Bless you for making a happy ending for these birds! Also wanted to add that you must have the "magic touch" with the roller pigeon community .. I have NEVER seen any of them open up like they did with you. Well done!

Terry


----------



## whitefeathers4u (Aug 28, 2007)

TAWhatley said:


> Wonderful save, Patti! Sorry to be late in chiming in here, but I have also been following the posts on the "other" board where I am also a member.
> 
> Bless you for making a happy ending for these birds! Also wanted to add that you must have the "magic touch" with the roller pigeon community .. I have NEVER seen any of them open up like they did with you. Well done!
> 
> Terry


Hi Terry,

So you are a member there as well! Then you probably noticed that my original post was a little different from the post here. I know it is pretty much a "man's" board and I didn't think there would be too many "bleeding hearts" or members that talk to their birds and kiss them when they are babies like I do LOL. I am surprised too that so many replied in concern for the birds. It was a good surprise. I see that the name of the man was edited out. Sould I do that here as well? 

I did post at the NBRC site as well and there was not 1 reply although I think the post was read 30 times.

Patti


----------



## TAWhatley (Mar 6, 2001)

whitefeathers4u said:


> I see that the name of the man was edited out. Sould I do that here as well?
> 
> Patti


That would be the politically correct thing to do. Thanks for asking.

Terry


----------



## Maggie-NC (Jun 22, 2005)

Patti, I sure hope everything continues to work out for these beautiful little pigeons and many thanks to you for your loving heart and concern.

I know I try to believe that people are not this cruel though I know they are - we see it too often on this forum and other places - but do you suppose there is any chance this guy had them in a box to take to someone, maybe in the bed of a pickup, and somehow they slid out of the truck and he didn't know where they landed. I sincerely hope it was something like this and not a deliberate act of cruelty.


----------



## whitefeathers4u (Aug 28, 2007)

Hi Maggie,

You know I would like to think that they fell out of his truck but no I don't think that happened. The location was on a isolated part of a road where everyone dumps their trash. There is a big pile of trash off the road and into the woods a couple of feet. Why people dump their trash there when there is a town dump? I have no idea...perhaps it is closer for them to dump it there or they see all the other trash and say "why not". The box was right there with all the trash. Most importantly, the box was small...and I mean small...they would have been on top of one another...that is why those 2 were dead at the scene. I saw them, they were crushed...sorry if the details bother some people but it is the truth. No kind hearted person would have put them in a box that small. The only comforting thought is I don't believe they were in that box long. There was not much poop in it-I mean there wasn't a lot like they had been there for a week. Or...would they not be pooping if they weren't eating? It makes sense but I'm not sure on that....all my birds eat on a regular basis. 
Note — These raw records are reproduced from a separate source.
//! Own attributes of a class that are made of definitions.

ghost use Rattle.proto_attr.specs.Below.{fold, IfOk, OnOk, OnErr, Some, place_of, Cause as RefusalCause, refusal, refused_attr, NamesNoClass, with_node, next_node, Reading, Reads, plain, IsNode, IsClass, Holds, Grows};
ghost use Rattle.std.specs.Prelude.{◌≡◌};
ghost use Rattle.proto_attr.specs.NativeDefs.Definitions.{definition_of, as_attribute, attribute_home, with_method};

use crate::native_defs::def::PyMethodDef;
use class_table::ClassFault;
use class_world::World;
use py_node::{BuiltIn, Cause, OutOfMemory, PyObjectRef, PyTypeRef};

/// Gives a class own attributes, in order: a new object of each definition, under its name. The class must be made by a
/// script. Where it is refused, the world stays as it was; where memory runs out, the first of them may be there.
pub fn extend_methods(
    world: &mut World,
    class: PyTypeRef,
    methods: &[PyMethodDef],
) -> Result<(), ClassFault>
    requires { Holds world.old (IsClass class.0) }
    ensures refused { (t : Reading) → refusal result ≡ refused_attr (plain t world.old).classes class.0 }
    ensures set { OnOk result ((t : Reading) → Reads t world.new → plain t world.new ≡
        fold (with_method class.0) (plain t world.old) methods.now) }
    ensures reads { (t : Reading) → Reads t world.new → Reads t world.old }
    ensures grows { Grows world.old world.new }
    ensures names { NamesNoClass result }
    ensures same { (cause : RefusalCause) → refusal result ≡ Some cause → world.new ≡ world.old }
{
    if !world.class_is_heap(class) {
        return Err(ClassFault::Refused(Cause::ImmutableType));
    }
    match add_methods(world, class, methods) {
        Ok(()) => Ok(()),
        Err(_) => Err(ClassFault::OutOfMemory),
    }
}

// Gives a class that a script made an own attribute for each definition, in order.
fn add_methods(
    world: &mut World,
    class: PyTypeRef,
    methods: &[PyMethodDef],
) -> Result<(), OutOfMemory>
    requires { Holds world.old (IsClass class.0) }
    ensures set { OnOk result ((t : Reading) → Reads t world.new → plain t world.new ≡
        fold (with_method class.0) (plain t world.old) methods.now) }
    ensures reads { (t : Reading) → Reads t world.new → Reads t world.old }
    ensures grows { Grows world.old world.new }
{
    for def in methods {
        add_method(world, class, def)?;
    }
    Ok(())
}

// Gives a class that a script made an own attribute that is made of a definition. Such a class isn't refused.
#[tactic(auto, unfolding(crate::specs::NativeDefs::Definitions::with_method))]
fn add_method(world: &mut World, class: PyTypeRef, def: &PyMethodDef) -> Result<(), OutOfMemory>
    requires { Holds world.old (IsClass class.0) }
    ensures set { OnOk result ((t : Reading) → Reads t world.new → plain t world.new ≡
        with_method class.0 (plain t world.old) def.now) }
    ensures reads { (t : Reading) → Reads t world.new → Reads t world.old }
    ensures grows { Grows world.old world.new }
{
    let name = world.intern(def.name.as_str())?;
    let value = build_attribute(world, class, def)?;
    match world.set_attr(class, name, value) {
        Ok(()) => Ok(()),
        Err(_) => Err(OutOfMemory),
    }
}

// The object that an own attribute of a class holds for a definition.
fn build_attribute(
    world: &mut World,
    class: PyTypeRef,
    def: &PyMethodDef,
) -> Result<PyObjectRef, OutOfMemory>
    requires { Holds world.old (IsClass class.0) }
    ensures made { OnOk result ((t : Reading) → Reads t world.new → plain t world.new ≡
        with_node (plain t world.old) (place_of (attribute_home (definition_of def.now)))
        (as_attribute (definition_of def.now) class.0)) }
    ensures number { IfOk result (λ r. (t : Reading) → r ≡
        next_node (plain t world.old) (place_of (attribute_home (definition_of def.now)))) }
    ensures reads { (t : Reading) → Reads t world.new → Reads t world.old }
    ensures grows { Grows world.old world.new }
    ensures node { IfOk result (λ r. Holds world.new (IsNode r)) }
{
    if def.is_method() {
        def.build_method(world, class)
    } else {
        def.build_function(world)
    }
}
They were picked up this morning by Mark. He said they were in pretty bad shape. Some better than others. Sadly, one did die this morning before he got here. They were all alive at 8 am but by 10 am one did die. I was very upset because I wondered if I should have started them on some meds? They didn't look sick, just thin. I just gave them water, a lot of food and gave them some space to chill out.
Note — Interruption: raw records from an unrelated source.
//! Writes a table of calls with their values, of the world and what stands below it (`table_lines::call_lines`).
#![tactic(auto)]

use std::io;
use std::process::ExitCode;
use table_lines::Table;

fn main(rt: HostRuntime) -> io::Result<ExitCode> {
    let mut table = Table::new(rt.alloc());
    table_lines::call_lines::put(&mut table, rt.alloc());
    let text = table.text();
    print!(rt; "{text}")?;
    let status = if table.is_ended() { 1 } else { 0 };
    Ok(ExitCode::from(status))
}
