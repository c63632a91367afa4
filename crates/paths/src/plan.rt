//! Links made ready for any number of searches.
ghost use Rattle.paths.specs.Plans.{Narrowed, Followed};

use crate::links::Links;

/// What no search has to make again: what is left to a chain after a place (what it admits, less
/// the places that lead to its taker once more), and the places that are given by its taker.
#[derive(Clone, Copy)]
pub(crate) struct Step {
    pub keep: u128,
    pub onward: u128,
}

/// Links with a step for each place.
#[derive(Clone, Copy)]
pub struct Plan {
    pub(crate) links: Links,
    pub(crate) steps: [Step; 96],
    ghost narrowed: { Narrowed links steps },
    ghost followed: { Followed links steps },
}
The whole thing is very sad :-( I just hope something is done to whom ever is responsible. I did leave a voice mail with the animal control officer today. She never returned my call but she is off today. I will call again in the morning. I have all the information for her (contact, address, phone number, proof of ownership, etc)
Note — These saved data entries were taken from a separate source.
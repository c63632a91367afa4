//! What a search answers.

/// The places of a chain, the owner's grant first, and zeros behind the last one.
// stays: an array with a length, since an answer lies in fixed memory, without a heap, and its zeros are promised.
#[derive(Clone, Copy)]
pub struct Route {
    pub places: [u8; 8],
    pub length: usize,
}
Thank you to everyone for your support and concern!

Patti


----------



## Larry_Cologne (Jul 6, 2004)

*Photos of stolen birds on site, for evidence*

Patti,

When I read the post about the pigeon RXXX had in his possession, which did not belong to him, it would be good or would have been good if there existed a photo of the bird on the premises of RXXX. This visual evidence could then be used to show he had stolen property, since he refused to release the bird, and would keep him from being able to dispose of the "evidence" of the actual living bird. 

If the owner: 

(1) had sold the pigeon (in absentia) for a large sum of money (and then in turn purchased a pigeon from the first buyer for a large sum of money, with written, dated, contracts of sale, thus establishing a high nominal value for the bird, without either party having to forego much money), 

(2) before going to RXXX's place to determine if he had the sold bird in his possession, then

(3) went to RXXX's place and photographed the pigeon which was held in wrongful possession, without legal ownership,

(4) and then was refused possession of the pigeon,

he could have RXXX arrested for theft and wrongful possession, and liable for any subsequent damage to the pigeon.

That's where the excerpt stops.